On November 27, 2015, Poland decided it will not extradite Polanski to the US after prosecutors declined to challenge the court's ruling, agreeing that Polanski had served his punishment and did not need to face a US court again. Preparations for a movie he was working on had been stalled by the extradition request from the previous year.

On December 6, 2016, the Supreme Court of Poland ruled to reject an appeal filed by Polish minister of justice Ziobro, and to uphold the October 2015 ruling.

On August 17, 2017, Los Angeles County Superior Court Judge Scott Gordon rejected a request from Samantha Geimer to dismiss the case against Polanski.

In December 2017, Polanski filed a ₪1.5 million suit in Herzliya Magistrates' Court against Israeli journalist and filmmaker Matan Uziel. Polanski maintained that Uziel, through his website, www.imetpolanski.com, falsely reported that five women had come forward to accuse him of raping them. Polanski was suing for libel and defamation of character. Herzliya Magistrates' Court rejected Polanski's request to be exempt from appearing in court after filing the libel suit. While Polanski gave various reasons for his inability to appear, the presiding judge, Gilad Hess, dismissed these one-by-one and ordered Polanski to pay Uziel ₪10,000 in costs. In November 2018, it was published that Polanski decided to drop the lawsuit, and was ordered by the court to pay Uziel ₪30,000 (US$8,000) for court costs. The court accepted Uziel's request that the suit not be dropped, but rather that it be rejected, making Polanski unable to sue Uziel again over the same issue in the future.

In November 2022, Polanski filed a cybersquatting dispute with World Intellectual Property Organization against the domain name imetpolanski.com. Polanski asked World Intellectual Property Organization to rule that the site was cybersquatting. However, the three-person panel ruled that Polanski did not show the domain was registered and used in bad faith, nor did he show that the registrant, Matan Uziel, lacked rights or legitimate interests in the domain name.
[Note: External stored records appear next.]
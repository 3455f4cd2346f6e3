//! Sources and sinks of bytes, each with a count of its faults.
#![tactic(auto)]

mod gates;
mod memory;
mod standard;
mod steady;
mod streams;

pub use gates::{Gate, GateAt, NoGate};
pub use memory::{MemSink, MemSource};
pub use standard::{StdSink, StdSource};
pub use steady::{SteadySink, SteadySource};
pub use streams::{Sink, SinkFailed, Source, SourceFailed};
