//! The closure.
ghost use Rattle.std.specs.Prelude.{◌≡◌, ℕ, ◌+◌, ◌<◌, ◌≤◌, ◌^◌, IsTrue, false, length, None, Some, slice_get, IfOk};
ghost use Rattle.ff_propagate.specs.Closing.{GivensFit, ClosesTo};
ghost use Rattle.ff_propagate.specs.Giving.{HasGivens, Agreed};

use crate::facts::{ClashAt, Closed, Fact, Facts};
use crate::giving::give;
use crate::telling::{tell, values_of};
use crate::trail::Trail;
use ff_tables::{Given, Items, NoMemory, System};
use std::alloc::Global;

// The closure where no two givens contradict each other, from the facts of the givens.
fn closed(
    alloc: Global,
    mut facts: Vec<Option<Fact>>,
    system: &System,
    givens: &[Given],
) -> Result<Closed, NoMemory>
    requires vars { system.now.vars < 2 ^ 32 }
    requires wide { length facts.items ≡ system.now.vars }
    requires gives { HasGivens givens.now (length givens.now) facts.items }
    requires agreed { Agreed givens.now (length givens.now) facts.items }
    requires few { length system.now.constraints < 2 ^ 32 }
    ensures { IfOk result (λ r. ClosesTo system.now.vars system.now.constraints givens.now r) }
{
    let values = values_of(alloc, facts.as_slice())?;
    let mut trail = Trail::of(alloc, values)?;
    let dead = trail.settle(alloc, system)?;
    tell(facts.as_mut_slice(), system, givens, &trail);
    let facts = Facts::of(Items::of(facts));
    match dead {
        Some(c) => Ok(Closed::Clash {
            facts,
            at: ClashAt::Dead(c),
        }),
        None => Ok(Closed::Board(facts)),
    }
}

/// The closure of the givens under the constraints of the system: the least set that holds them and all that
/// some constraint forces from the set. It clashes exactly where this set has both values of some variable.
pub fn close(alloc: Global, system: &System, givens: &Items<Given>) -> Result<Closed, NoMemory>
    requires givens { GivensFit system.now.vars givens.now }
    requires few { (length givens.now < 2 ^ 32) × (length system.now.constraints < 2 ^ 32) }
    ensures { IfOk result (λ r. ClosesTo system.now.vars system.now.constraints givens.now r) }
{
    let mut facts = vec![in alloc; None; system.vars as usize]?;
    let givens = givens.as_slice();
    if let Some(at) = give(facts.as_mut_slice(), givens) {
        return Ok(Closed::Clash {
            facts: Facts::of(Items::of(facts)),
            at,
        });
    }
    closed(alloc, facts, system, givens)
}

/// Whether each given is of a variable below `vars`.
pub fn givens_fit(vars: u32, givens: &[Given]) -> bool
    ensures holds { IsTrue result → GivensFit vars givens.now }
    ensures fails { result ≡ false → GivensFit vars givens.now → ⊥ }
{
    for i in 0..givens.len() {
        if givens[i].var >= vars {
            return false;
        }
    }
    true
}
In June 2023, Polanski was sued in the Los Angeles Superior Court by a woman who alleged that he raped her at his home in 1973 after supplying her with tequila shots. The woman was said to be under the age of 18 at the time of the alleged incident. Polanski, who was set to face a civil trial for this allegation, had his trial date set for August 2025. The lawsuit was settled and dismissed in October 2024.

== Legacy ==
In 2013, Samantha Geimer published her view on the rape in her autobiography The Girl: A Life in the Shadow of Roman Polanski. In March 2023, Geimer and her husband met with Polanski and his wife Seigner for a French magazine cover interview. Geimer states in the interview: "Let me be very clear: what happened with Polanski was never a big problem for me. I didn't even know it was illegal, that someone could be arrested for it. I was fine, I'm still fine. It was so unfair and so in opposition to justice ... Everyone should know by now that Roman has served his sentence. Which was ... long if you want my opinion. Anyone who thinks that he deserves to be in prison is wrong. It isn't the case today and it wasn't the case yesterday."

The exposure of Harvey Weinstein as a predator brought renewed attention to Polanski's rape of a minor. Polanski has blamed Harvey Weinstein for the renewed focus on his sexual abuse case in the 2000s and claimed that Weinstein tried to brand him a "child rapist" to prevent him from winning an Oscar in 2003.